Parkinson's Disease causes progressive neurological decline. Characteristic symptoms of the condition include tremors, rigid muscles and extremely slow movements. Although there are medications to treat Parkinson's Disease, also referred to as PD, patients eventually decline to a point where they cannot care for themselves. In the United States, about one percent of people over the age of 65 have the disease. Rose Hoban reports on an effort to identify people who will develop PD early enough to delay or slow the condition's onset.
There are no blood or laboratory tests to diagnose PD, says Dr. Kapil Sethi from the Medical College of Georgia. And many of the early signs of the illness are often explained away as the normal effects of aging.
But Sethi says patients who develop Parkinson's Disease look back and realize they had certain traits long before they were diagnosed.
"They don't have a very good sense of smell," he reports. "Frequently, when they look back after the diagnosis of Parkinson's Disease has been made… years before that, they [realized they had] lost their smell discrimination ability."
Sethi says PD patients also report having drunk less coffee before they got sick than other individuals. They often were non-smokers before developing the disease.
But Sethi says it's unlikely that smoking or drinking coffee somehow protects people from developing Parkinson's Disease What's more likely, he suggests, is that patients who are slowly developing PD start losing their sense of smell or develop an aversion to coffee and cigarettes. Sethi calls these "soft" signs that might be early clues to PD.
He says there are other soft signs, related to neurological changes. For example, he says some people display a sleep disorder called REM Behavior Disorder in the years before being diagnosed with PD. People who have this disorder act out their dreams.
"They often shout like they're fighting demons in the middle of the night," Sethi says. "Sometimes they kick, and they're trying to kick somebody in their dream, but they end up kicking their spouse or they end up falling out of bed, and injuring themselves." Sethi says about half of them develop Parkinson's disease or some other degenerative disease of the brain from three to ten years after being diagnosed with REM Behavior Disorder.
Sethi says doctors would like to know if these neurological changes actually do signal the development of PD. He says if that were the case, it would give doctors a window of opportunity to intervene early and arrest its development.

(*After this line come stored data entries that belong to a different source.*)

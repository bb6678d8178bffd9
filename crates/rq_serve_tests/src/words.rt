use rq_outside::Word;
use rq_serve::{NodeWords, WordsError, node_words};
use rq_values::NoMemory;
use std::alloc::Global;
use std::test::Fail;

/// The words of a node, each behind a blank.
const NODE: &[u8] =
    b" node --id n1 --http 127.0.0.1:47398 --raft 127.0.0.1:47397 --dir data --first n1=127.0.0.1:47398/127.0.0.1:47397";

/// The words of a line.
fn words_of(alloc: Global, line: &[u8]) -> Result<Vec<Word>, NoMemory> {
    let mut words = Vec::new(alloc);
    for piece in line.split(|byte| *byte == b' ') {
        if !piece.is_empty() {
            let word = Word::new(alloc, piece)?;
            if words.push(word).is_err() {
                return Err(NoMemory);
            }
        }
    }
    Ok(words)
}

fn read(alloc: Global, line: &[u8]) -> Result<NodeWords, WordsError> {
    let words = words_of(alloc, line)?;
    node_words(alloc, words.as_slice())
}

/// What the words of a node name.
pub fn node(alloc: Global) -> Result<NodeWords, WordsError> {
    read(alloc, NODE)
}

#[test]
fn words_name_a_node_or_are_refused(rt: HostRuntime) -> Result<(), Fail> {
    let alloc = rt.alloc();
    match node(alloc) {
        Ok(words) => {
            assert!(rt; words.id.bytes() == b"n1".as_slice());
            assert!(rt; words.http.bytes() == b"127.0.0.1:47398".as_slice());
            assert!(rt; words.raft.bytes() == b"127.0.0.1:47397".as_slice());
            assert!(rt; words.dir.as_str() == "data");
            drop(words);
        }
        Err(_) => assert!(rt; false, "the words of a node"),
    }
    let refused: [&[u8]; 7] = [
        b"node",
        b"node --id n1",
        b"node --id N1 --http a:1 --raft a:2 --dir d --first N1=a:1/a:2",
        b"node --id n1 --http a:1 --raft a:2 --dir d --first n2=a:1/a:2",
        b"node --id n1 --http a:1 --raft a:2 --dir d --first n1=a:1/a:2,n2=b:1/b:2",
        b"node --id n1 --http a:1 --raft a:2 --dir d --first n1=a:1/a:2 --more",
        b"node --id n1 --id n1 --http a:1 --raft a:2 --dir d --first n1=a:1/a:2",
    ];
    for line in &refused {
        assert!(rt; matches!(read(alloc, line), Err(WordsError::Refused)));
    }
    Ok(())
}
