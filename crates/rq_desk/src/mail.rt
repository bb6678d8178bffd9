//! What lies under the lock: the asks that were put and not yet taken up.
use crate::slot::Slot;
use crate::wanted::Wanted;
use rq_hub::{Naming, Numbers};
use std::alloc::Global;
use std::sync::{Arc, Condvar, Mutex};

/// An ask that was put, with who waits for its answer.
#[derive(Drop)]
pub struct Put<J: Naming> {
    pub number: u64,
    pub wanted: Wanted,
    pub slot: Arc<Slot<J>, Global>,
}

/// The asks that were put and not yet taken up.
#[derive(Drop)]
pub struct Mail<J: Naming> {
    pub numbers: Numbers,
    pub puts: Vec<Put<J>>,
    pub closed: bool,
}

/// What threads share.
#[derive(Drop)]
pub struct Shared<J: Naming> {
    pub mail: Mutex<Mail<J>>,
    pub arrived: Condvar,
}

impl<J: Naming> Shared<J> {
    /// Nothing was put.
    pub fn new(alloc: Global) -> Shared<J> {
        Shared {
            mail: Mutex::new(Mail {
                numbers: Numbers::new(),
                puts: Vec::new(alloc),
                closed: false,
            }),
            arrived: Condvar::new(),
        }
    }
}
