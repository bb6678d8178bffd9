//! What the threads of a server share: asks are put to the one thread that has the hub, and wait until their answer has
//! come: docs/SERVING.md.
#![tactic(auto)]

mod gate;
mod mail;
mod putting;
mod running;
mod slot;
mod unbuilt;
mod waiters;
mod wanted;

pub use gate::{Gate, OpenGate};
pub use mail::{Mail, Shared};
pub use putting::{DeskError, close, number, put};
pub use running::{HubEnd, run_hub};
pub use slot::Slot;
pub use unbuilt::{Unbuilt, unbuilt_of};
pub use wanted::Wanted;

"I think intervening early is really good because giving the patients three extra years up front is much more important than trying to prolong their life in the end for three more years," Sethi says. "Because the quality of life is never going to be the same. So it's better to delay PD."
Sethi is studying people all over the United States who might be at risk for developing Parkinson's. He's asking family members of people who have the condition to allow him to follow their health. He's also going to sleep clinics and neurologists' offices to look for patients willing to be studied to see if they develop Parkinson's Disease.
He expects his research to take up to 10 years to find any answers.